# Young's Inequality for Increasing Functions/Equality

## Contents

## Theorem

Let $a_0$ and $b_0$ be strictly positive real numbers.

Let $f: \closedint 0 {a_0} \to \closedint 0 {b_0}$ be a strictly increasing bijection.

Let $a$ and $b$ be real numbers such that $0 \le a \le a_0$ and $0 \le b \le b_0$.

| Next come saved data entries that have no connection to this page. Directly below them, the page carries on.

/// A folder of the system, and standard output. Places and lengths are bytes, counted from 0.
///
/// Until a folder is attached each file call is a fault. Later a fault is a call of the system that failed, for
/// whatever cause: no permission to read and to write, no room on the disk, something else than a plain file in the place
/// of one, a place that the system cannot take, want of memory for a file's path. The folder must not be moved while it is
/// attached. Of the attempt that was lent last, what is no plain file with one name, or may not be read and written,
/// counts as absent; settling it removes that where it can, and is a fault only by want of memory or of the disk.
///
/// One process writes a store: the first call on the control file locks the folder, until this value is dropped or
/// attached anew, and is a fault where another process has locked it (or another `Folder`). One that is made by
/// `beside`, as for a child that collects, never locks it.
///
/// A write past the limit that the process has for a file's size when the folder is attached is a fault, and is not
/// made: the system would end the process by a signal. Of output no such limit is known.
#[derive(Drop)]
pub struct Folder<R: Files<File = File> + Print + Drop> {
    rt: R,
    alloc: Global,
    asked: AskedFolders,
    files: Option<FolderFiles>,
    // another process is the store's
    is_beside: bool,
    // how many bytes a file may have
    size_max: u64,
    counts: GroundCounts,
    // the first fault of a file call or of output, and the first of a removal
    cause: Option<Cause>,
    removal: Option<Cause>,
}

impl<R: Files<File = File> + Print + Drop> Folder<R> {
    ghost use Rattle.std.specs.Prelude.{true, false, IfSome, IsTrue};
    ghost use Rattle.ip_ground.specs.Counts.{nothing_noted};

    /// No folder yet, and no fault.
    pub fn new(rt: R, alloc: Global) -> Folder<R>
        ensures counts { ⟦<Folder<R> as Ground>⟧.counts_of result ≡ nothing_noted }
        ensures beside { result.is_beside ≡ false }
    {
        Folder::made(rt, alloc, false)
    }

    /// The same for a process beside the one that the store is of: no call locks the folder. It must not write the
    /// control file, nor what that one writes.
    pub fn beside(rt: R, alloc: Global) -> Folder<R>
        ensures counts { ⟦<Folder<R> as Ground>⟧.counts_of result ≡ nothing_noted }
        ensures beside { result.is_beside ≡ true }
    {
        Folder::made(rt, alloc, true)
    }

    fn made(rt: R, alloc: Global, is_beside: bool) -> Folder<R>
        ensures counts { ⟦<Folder<R> as Ground>⟧.counts_of result ≡ nothing_noted }
        ensures beside { result.is_beside ≡ is_beside }
    {
        Folder {
            rt,
            alloc,
            asked: AskedFolders::new(),
            files: None,
            is_beside,
            size_max: u64::MAX,
            counts: GroundCounts {
                file_faults: 0,
                remove_faults: 0,
                say_faults: 0,
                damages: 0,
            },
            cause: None,
            removal: None,
        }
    }

    /// The first fault that was counted of a file call or of output, or else of a removal.
    pub fn cause(&self) -> Option<Cause> {
        match self.cause {
            Some(cause) => Some(cause),
            None => self.removal,
        }
    }

    // Counts a fault of a file call.
    fn file_fault(&mut self, call: &'static str, subject: Subject, error: &io::Error) -> GroundFault
        ensures counts { FileFault (noting self.old.counts (bound_of self.old.asked self.old.files)) (noting self.new.counts (bound_of self.new.asked self.new.files)) }
        ensures beside { self.new.is_beside ≡ self.old.is_beside }
        ensures lock { lock_of self.new.files ≡ lock_of self.old.files }
    {
        self.keep(Cause::of(call, subject, error));
        self.counts.file_faults = self.counts.file_faults.saturating_add(1);
        GroundFault
    }

    // Counts a fault of a removal.
    fn remove_fault(&mut self, file: FileName, error: &io::Error) -> GroundFault
        ensures counts { RemoveFault (noting self.old.counts (bound_of self.old.asked self.old.files)) (noting self.new.counts (bound_of self.new.asked self.new.files)) }
        ensures beside { self.new.is_beside ≡ self.old.is_beside }
        ensures lock { lock_of self.new.files ≡ lock_of self.old.files }
    {
        if self.removal.is_none() {
            self.removal = Some(Cause::of("remove", Subject::File(file), error));
        }
        self.counts.remove_faults = self.counts.remove_faults.saturating_add(1);
        GroundFault
    }

    // Counts a fault of output.
    fn say_fault(&mut self, error: &io::Error) -> GroundFault
        ensures counts { SayFault (noting self.old.counts (bound_of self.old.asked self.old.files)) (noting self.new.counts (bound_of self.new.asked self.new.files)) }
        ensures beside { self.new.is_beside ≡ self.old.is_beside }
        ensures lock { lock_of self.new.files ≡ lock_of self.old.files }
    {
        self.keep(Cause::of("write", Subject::Output, error));
        self.counts.say_faults = self.counts.say_faults.saturating_add(1);
        GroundFault
    }

    // Keeps the first cause.
    fn keep(&mut self, cause: Cause)
        ensures { self.new ≡ record self.old { cause = self.new.cause } }
    {
        if self.cause.is_none() {
            self.cause = Some(cause);
        }
    }

    // A child may make, change and remove the files of this attempt, or has done so: the next sync is of the folder too.
    fn hand_over(&mut self, attempt: u64)
        ensures counts { noting self.new.counts (bound_of self.new.asked self.new.files) ≡ noting self.old.counts (bound_of self.old.asked self.old.files) }
        ensures beside { self.new.is_beside ≡ self.old.is_beside }
        ensures lock { lock_of self.new.files ≡ lock_of self.old.files }
        ensures changed { IfSome self.new.files (λ files. IsTrue files.is_changed) }
    {
        if let Some(files) = &mut self.files {
            files.hand_over(attempt);
        }
    }
}
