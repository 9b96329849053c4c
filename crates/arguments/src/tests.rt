// What arguments ask for, a leading --progress, and where the help is printed.
use super::{Asked, asked, begin_with, take_progress};
use std::cell::Cell;
use std::fmt::Display;
use std::io;
use std::io::{Eprint, Print};
use std::test::Fail;

// The words of a line.
fn words(rt: &HostRuntime, line: &str) -> Result<Vec<String>, Fail> {
    let mut words = Vec::new(rt.alloc());
    for word in line.split_whitespace() {
        words.push(String::from_str(rt.alloc(), word)?)?;
    }
    Ok(words)
}

// What the words of a line ask for, as arguments.
fn asks(rt: &HostRuntime, line: &str, wanted: usize) -> Result<Asked, Fail> {
    Ok(asked(words(rt, line)?.as_slice(), wanted))
}

#[test]
fn arguments_ask_for_work_or_help(rt: HostRuntime) -> Result<(), Fail> {
    for (line, wanted, answer) in [
        ("", 0, Asked::Work),
        ("x", 0, Asked::Unknown),
        ("--help", 0, Asked::Help),
        ("x --help", 0, Asked::Help),
        ("--helpe", 0, Asked::Unknown),
        ("--hel", 0, Asked::Unknown),
        ("", 1, Asked::Unknown),
        ("x", 1, Asked::Work),
        ("--help", 1, Asked::Help),
        ("x y", 1, Asked::Unknown),
    ] {
        assert_eq!(rt; asks(&rt, line, wanted)?, answer);
    }
    Ok(())
}

#[test]
fn progress_stands_first(rt: HostRuntime) -> Result<(), Fail> {
    for (line, progress, rest) in [
        ("", false, ""),
        ("x", false, "x"),
        ("--progress", true, ""),
        ("--progress x y", true, "x y"),
        ("x --progress", false, "x --progress"),
        ("--progress --progress", true, "--progress"),
        ("--progres x", false, "--progres x"),
        ("--progress=1", false, "--progress=1"),
    ] {
        let mut arguments = words(&rt, line)?;
        assert_eq!(rt; take_progress(&mut arguments), progress);
        assert_eq!(rt; arguments, words(&rt, rest)?);
    }
    Ok(())
}

// How many texts were printed, and how many were told as errors are.
#[derive(Drop)]
struct Desk {
    printed: Cell<usize>,
    told: Cell<usize>,
}

impl Print for Desk {
    fn print<D: Display + Drop>(&self, _value: D) -> io::Result<()> {
        self.printed.set(self.printed.get().saturating_add(1));
        Ok(())
    }

    fn println<D: Display + Drop>(&self, value: D) -> io::Result<()> {
        self.print(value)
    }

    fn write_all(&self, _bytes: &[u8]) -> io::Result<()> {
        Ok(())
    }
}

impl Eprint for Desk {
    fn eprint<D: Display + Drop>(&self, _value: D) -> io::Result<()> {
        self.told.set(self.told.get().saturating_add(1));
        Ok(())
    }

    fn eprintln<D: Display + Drop>(&self, value: D) -> io::Result<()> {
        self.eprint(value)
    }
}

#[test]
fn help_is_printed_or_told(rt: HostRuntime) -> Result<(), Fail> {
    for (line, printed, told) in [("", 0, 0), ("--help", 1, 0), ("x", 0, 1)] {
        let desk = Desk {
            printed: Cell::new(0),
            told: Cell::new(0),
        };
        let _ = begin_with(&desk, words(&rt, line)?, 0, "help");
        assert_eq!(rt; (desk.printed.get(), desk.told.get()), (printed, told));
    }
    Ok(())
}
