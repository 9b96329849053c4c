// The arguments of programs, and what they ask for.
#![tactic(auto)]

ghost use Rattle.std.specs.Prelude.{◌≡◌, map, string_bytes, vec_items, vec_len, IfOk, IfSome};
ghost use Rattle.arguments.specs.Asked.{asks_help, asked_by, asks_progress, behind_progress, BeginsWith};

mod request;
#[cfg(test)]
mod tests;

use anyhow::anyhow;
pub use request::Asked;
use std::env::Env;
use std::io::Print;
use std::{env, io};

// Whether one of the arguments is --help.
fn asks_help(words: &[String]) -> bool
    ensures { result ≡ asks_help (map string_bytes words.now) }
{
    words
        .iter()
        .any(|word| word.as_bytes() == b"--help".as_slice())
}

// What the arguments of a program that takes so many ask for.
pub fn asked(words: &[String], wanted: usize) -> Asked
    ensures { result ≡ asked_by (map string_bytes words.now) wanted }
{
    if asks_help(words) {
        Asked::Help
    } else if words.len() == wanted {
        Asked::Work
    } else {
        Asked::Unknown
    }
}

// The arguments of the program, behind its name. The system gives them, and no contract says which they are.
pub fn arguments<R: Env + AllocGlobal>(rt: &R) -> io::Result<Vec<String>> {
    Ok(env::args(rt)?.skip(1).collect(rt.alloc())?)
}

// Takes off a --progress that stands first, and answers whether one did.
pub fn take_progress(words: &mut Vec<String>) -> bool
    ensures answer { result ≡ asks_progress (map string_bytes words.old.items) }
    ensures rest { words.new.items ≡ behind_progress result words.old.items }
{
    let asked = match words.first() {
        Some(word) => word.as_bytes() == b"--progress".as_slice(),
        None => false,
    };
    if asked {
        words.remove(0);
    }
    asked
}

// The arguments with which a program that takes so many begins its work. If they ask for help, that is printed and there is no work;
// arguments that the program does not take are an error, in front of which it is told on standard error.
pub fn begin<R: Env + AllocGlobal + Print + Eprint>(
    rt: &R,
    wanted: usize,
    help: &'static str,
) -> anyhow::Result<Option<Vec<String>>>
    ensures { IfOk result (λ begun. IfSome begun (λ words. vec_len words ≡ wanted)) }
{
    begin_with(rt, arguments(rt)?, wanted, help)
}

// The same, of arguments that were read.
pub fn begin_with<R: Print + Eprint>(
    rt: &R,
    words: Vec<String>,
    wanted: usize,
    help: &'static str,
) -> anyhow::Result<Option<Vec<String>>>
    ensures answer { BeginsWith (asked_by (map string_bytes words.items) wanted) words result }
    ensures count { IfOk result (λ begun. IfSome begun (λ begun_words. vec_len begun_words ≡ wanted)) }
{
    match asked(words.as_slice(), wanted) {
        Asked::Work => Ok(Some(words)),
        Asked::Help => {
            rt.print(help)?;
            Ok(None)
        }
        // An error of anyhow holds 120 bytes.
        Asked::Unknown => {
            rt.eprint(help)?;
            Err(anyhow!("wrong arguments"))
        }
    }
}

// The same for a program that may be asked for its progress in front of its arguments: whether it is, and the arguments behind.
pub fn begin_telling<R: Env + AllocGlobal + Print + Eprint>(
    rt: &R,
    wanted: usize,
    help: &'static str,
) -> anyhow::Result<Option<(bool, Vec<String>)>>
    ensures { IfOk result (λ begun. IfSome begun (λ work. vec_len work.1 ≡ wanted)) }
{
    let mut words = arguments(rt)?;
    let progress = take_progress(&mut words);
    match begin_with(rt, words, wanted, help)? {
        Some(words) => Ok(Some((progress, words))),
        None => Ok(None),
    }
}
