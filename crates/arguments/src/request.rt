// What arguments ask for: the work of the program or its help; or they are not those that it takes.
#[derive(Clone, Copy, PartialEq, Eq, Debug)]
pub enum Asked {
    Work,
    Help,
    Unknown,
}
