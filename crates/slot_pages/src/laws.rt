// What holds of pages.
ghost use Rattle.std.specs.Prelude.{◌≡◌, ◌≢◌, ℕ, List, Option, slice_set};
ghost use Rattle.block_pool.specs.Blocks.{Blocks, IsFree};
ghost use Rattle.fields.specs.Toggle.{byte_from, toggled};
ghost use Rattle.slot_pages.specs.State.{PageState, IsPage, bytes_in};

/// Bytes that are toggled twice by the same are as before.
pub fn a_page_toggled_twice_is_as_before()
    ensures { (bytes xor : List ℕ) (offset : ℕ)
        → toggled (byte_from offset) (toggled (byte_from offset) bytes xor) xor ≡ bytes }
{}

/// While another block of the pool changes, is given out or comes back, a page stays one, with its bytes.
pub fn a_page_stays_while_another_block_changes()
    ensures page { (pool : Blocks) (page : PageState) (other : ℕ) (entry : Option (List ℕ))
        → other ≢ page.block → IsPage pool page → IsPage (slice_set pool other entry) page }
    ensures bytes { (pool : Blocks) (page : PageState) (other : ℕ) (entry : Option (List ℕ))
        → other ≢ page.block → bytes_in (slice_set pool other entry) page ≡ bytes_in pool page }
{}

/// A free block is no page's.
pub fn a_free_block_is_no_pages()
    ensures { (pool : Blocks) (page : PageState) (block : ℕ)
        → IsFree pool block → IsPage pool page → block ≢ page.block }
{}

Then $b = \map f a$ if and only if:

- $\displaystyle a b = \int_0^a \map f u \rd u + \int_0^b \map {f^{-1} } v \rd v$

where $\displaystyle \int$ denotes the Darboux integral.

## Proof

### Necessary Condition

### Sufficient Condition

By Monotone Real Function is Darboux Integrable, $f$ and $f^{-1}$ are Darboux integrable.

Let $b = \map f a$.

Define:

- $\displaystyle A = \int_0^a \map f u \rd u + \int_0^b \map {f^{-1} } v \rd v$

Consider any subdivision $P = \set {x_0, x_1, \ldots, x_n}$ of the closed real interval $\closedint 0 a$.

Then:

- $f P = \set {\map f {x_0}, \map f {x_1}, \ldots, \map f {x_n} }$

is a subdivision of $\closedint 0 b$.

We have that:

\(\displaystyle \map U {P, f} + \map L {f P, f^{-1} }\) | \(=\) | \(\displaystyle \sum_{k \mathop = 1}^n \paren {x_k - x_{k - 1} } \map f {x_k} + \sum_{k \mathop = 1}^n \paren {\map f {x_k} - \map f {x_{k - 1} } } \map {f^{-1} } {\map f {x_{k - 1} } }\) | because $f$ and $f^{-1}$ are increasing | ||||||||||

\(\displaystyle \) | \(=\) | \(\displaystyle \sum_{k \mathop = 1}^n \paren {x_k \map f {x_k} - x_{k - 1} \map f {x_{k - 1} } }\) | by Summation is Linear | ||||||||||

\(\displaystyle \) | \(=\) | \(\displaystyle a b\) |

Similarly:

- $\map L {P, f} + \map U {f P, f^{-1} } = a b$

Let $\epsilon \in \R_{>0}$ be an arbitrary strictly positive real number.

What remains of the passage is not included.